Government spending shot up by 11.8 per cent in May, compared to May of 2016, according to the Central Bank’s July Economic update.

The Central Bank said that this rise was driven by higher spending on programmes and initiatives, which was buoyed by outlays on Malta’s EU presidency, health and ex-gratia refunds on motor vehicle registrations tax.

Personal emoluments and capital expenditure also contributed to the increase, the Central Bank explained.

Over the same period, revenue grew by two per cent. The Central Bank said this was mainly driven by higher inflows from direct tax.

Retail sales and tourism expanded

In particular, income tax revenue rose by €11.7 million. This improvement was mostly offset by a fall in non-tax revenue, which in turn resulted from a lower intake of EU grants.

The cash-based consolidated fund balance showed a small deficit in the first five months of 2017, as interest payments exceeded the primary surplus. 

The Central Bank’s Business Conditions Index (BCI) edged down in June of this year, signalling slightly below average activity levels.

However, the Central Bank said economic sentiment had risen marginally over the month, as improved sentiment in construction, industry and among consumers offset weaker sentiment in the services and retail sectors.

In May, retail sales rose in annual terms. Tourism activity also expanded further. In contrast, industrial production decreased slightly over May 2016.

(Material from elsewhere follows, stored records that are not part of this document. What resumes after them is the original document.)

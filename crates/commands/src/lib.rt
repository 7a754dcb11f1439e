// Runs the commands of a data block on a board's parameters.
#![tactic(auto)]

pub mod draft;

ghost use Rattle.std.specs.Prelude.{◌≡◌};
ghost use Rattle.block.specs.Command.{command_number, the_command};
ghost use Rattle.store.specs.Operations.{answer};
ghost use Rattle.schedule.specs.Operations.{answered};
ghost use Rattle.model.specs.Commands.{names_schedule, after_row, after_entry, after_command, row_report, entry_report};
ghost use Rattle.commands.specs.Draft.{Adds, run_block, reported_in, selected};

use block::request::NextCommand;
use block::{Command, Held};
use draft::Draft;
use encoding::Unwritten;
use model::Parameters;
use schedule::Schedule;
use store::Store;

// Which parameters are reported: in a discovery only the ID and the unit type.
#[derive(Clone, Copy)]
pub enum Scope {
    All,
    Identity,
}

#[derive(Clone, Copy)]
pub struct RunResult {
    pub parameters: Parameters,
    pub draft: Draft,
}

// The weekly schedule, a parameter of the Micra; every other number is a row's or unknown.
const SCHEDULE: u16 = 0x0077;

// Whether a number is the schedule's on a unit type.
fn is_schedule(unit: u8, number: u16) -> bool
    ensures { result ≡ names_schedule unit number }
{
    unit == rows::MICRA && number == SCHEDULE
}

// The number of a command's parameter.
fn number_of(command: Command) -> u16
    ensures { result ≡ command_number (the_command command.entry) }
{
    u16::from(command.page) * 256 + u16::from(command.low)
}

// What a command makes of the rows.
fn change_row(store: Store, command: Command) -> Store
    ensures { result ≡ after_row store (the_command command.entry) }
{
    match command.function {
        2 | 3 => store::write(store, number_of(command), command.value),
        4 => store::raise(store, number_of(command)),
        5 => store::lower(store, number_of(command)),
        _ => store,
    }
}

// What a command makes of the schedule.
fn change_entry(schedule: Schedule, command: Command) -> Schedule
    ensures { result ≡ after_entry schedule (the_command command.entry) }
{
    match command.function {
        2 | 3 => schedule::write(schedule, command.value),
        _ => schedule,
    }
}

// What a command makes of the parameters.
#[tactic(auto, unfolding(model::specs::Commands::after_command))]
fn change(parameters: Parameters, command: Command) -> Parameters
    ensures { result ≡ after_command parameters (the_command command.entry) }
{
    let store = parameters.store;
    let schedule = parameters.schedule;
    if is_schedule(store.unit, number_of(command)) {
        return Parameters {
            store,
            schedule: change_entry(schedule, command),
        };
    }
    Parameters {
        store: change_row(store, command),
        schedule,
    }
}

fn is_selected(scope: Scope, number: u16) -> bool
    ensures { result ≡ selected scope number }
{
    match scope {
        Scope::All => true,
        Scope::Identity => number == rows::ID || number == rows::UNIT_TYPE,
    }
}

// Adds what a command of a row reports.
fn report_row(store: Store, command: Command, draft: &mut Draft) -> Result<(), Unwritten>
    ensures { Adds draft.old (row_report (answer store.unit command.entry.function (command_number (the_command command.entry))) store (the_command command.entry)) result draft.new }
{
    let number = number_of(command);
    match store::answered_with(store.unit, command.function, number) {
        store::Answer::Silence => Ok(()),
        store::Answer::Unknown => draft.add_unknown(command.page, command.low),
        store::Answer::Value => {
            draft.add_value(Held {
                page: command.page,
                low: command.low,
                value: store::held(&store.bytes, store.unit, number),
            })
        }
    }
}

// Adds what a command of the schedule reports.
fn report_entry(schedule: Schedule, command: Command, draft: &mut Draft) -> Result<(), Unwritten>
    ensures { Adds draft.old (entry_report (answered command.entry.function command.entry.value.now) schedule (the_command command.entry)) result draft.new }
{
    match schedule::answered_with(command.function, command.value) {
        schedule::Answer::Silence => Ok(()),
        schedule::Answer::Unknown => draft.add_unknown(command.page, command.low),
        schedule::Answer::Entry { day, period } => {
            let entry = schedule::report(schedule, day, period);
            draft.add_value(Held {
                page: command.page,
                low: command.low,
                value: &entry,
            })
        }
    }
}

// Adds what a command reports of the parameters just after it.
#[tactic(auto, unfolding(model::specs::Commands::reported))]
fn report(
    scope: Scope,
    parameters: Parameters,
    command: Command,
    draft: &mut Draft,
) -> Result<(), Unwritten>
    ensures { Adds draft.old (reported_in scope parameters (the_command command.entry)) result draft.new }
{
    let number = number_of(command);
    if !is_selected(scope, number) {
        return Ok(());
    }
    if is_schedule(parameters.store.unit, number) {
        return report_entry(parameters.schedule, command, draft);
    }
    report_row(parameters.store, command, draft)
}

// The commands of a block in order. Where the block is malformed, or the reports have no room, there is no result.
pub fn run(scope: Scope, parameters: Parameters, function: u8, bytes: &[u8]) -> Option<RunResult>
    ensures { result ≡ run_block scope parameters function bytes.now }
{
    let mut rest = bytes;
    let mut page: u8 = 0;
    let mut in_force = function;
    let mut held = parameters;
    let mut draft = Draft::blank();
    loop {
        match block::request::next_command(rest, page, in_force) {
            NextCommand::End => {
                return Some(RunResult {
                    parameters: held,
                    draft,
                });
            }
            NextCommand::Malformed => return None,
            NextCommand::Command {
                function: next_function,
                page: next_page,
                low,
                value: from,
                rest: after,
            } => {
                let command = Command {
                    function: next_function,
                    page: next_page,
                    low,
                    value: block::part(rest, from, after),
                };
                held = change(held, command);
                report(scope, held, command, &mut draft).ok()?;
                rest = block::part(rest, after, 0);
                page = next_page;
                in_force = next_function;
            }
        }
    }
}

 According to the Central Bank, labour market conditions remained favourable, as employment continued to grow and the number of registered unemployed declined further.

Price pressures remained moderate, with the annual rate of inflation based on the Harmonised Index of Consumer Prices (HICP) at 1.1 per cent in May and 1.0 per cent in June.

Maltese residents’ deposits rose at an annual rate of 10.6 per cent, while credit to residents increased by 1.3 per cent. 

The Central Bank said preliminary customs data showed the merchandise trade deficit climbed to €501.5 million in May, a widening of €251.6 million from last year. This was due to exports contracting while imports increased, the bank said.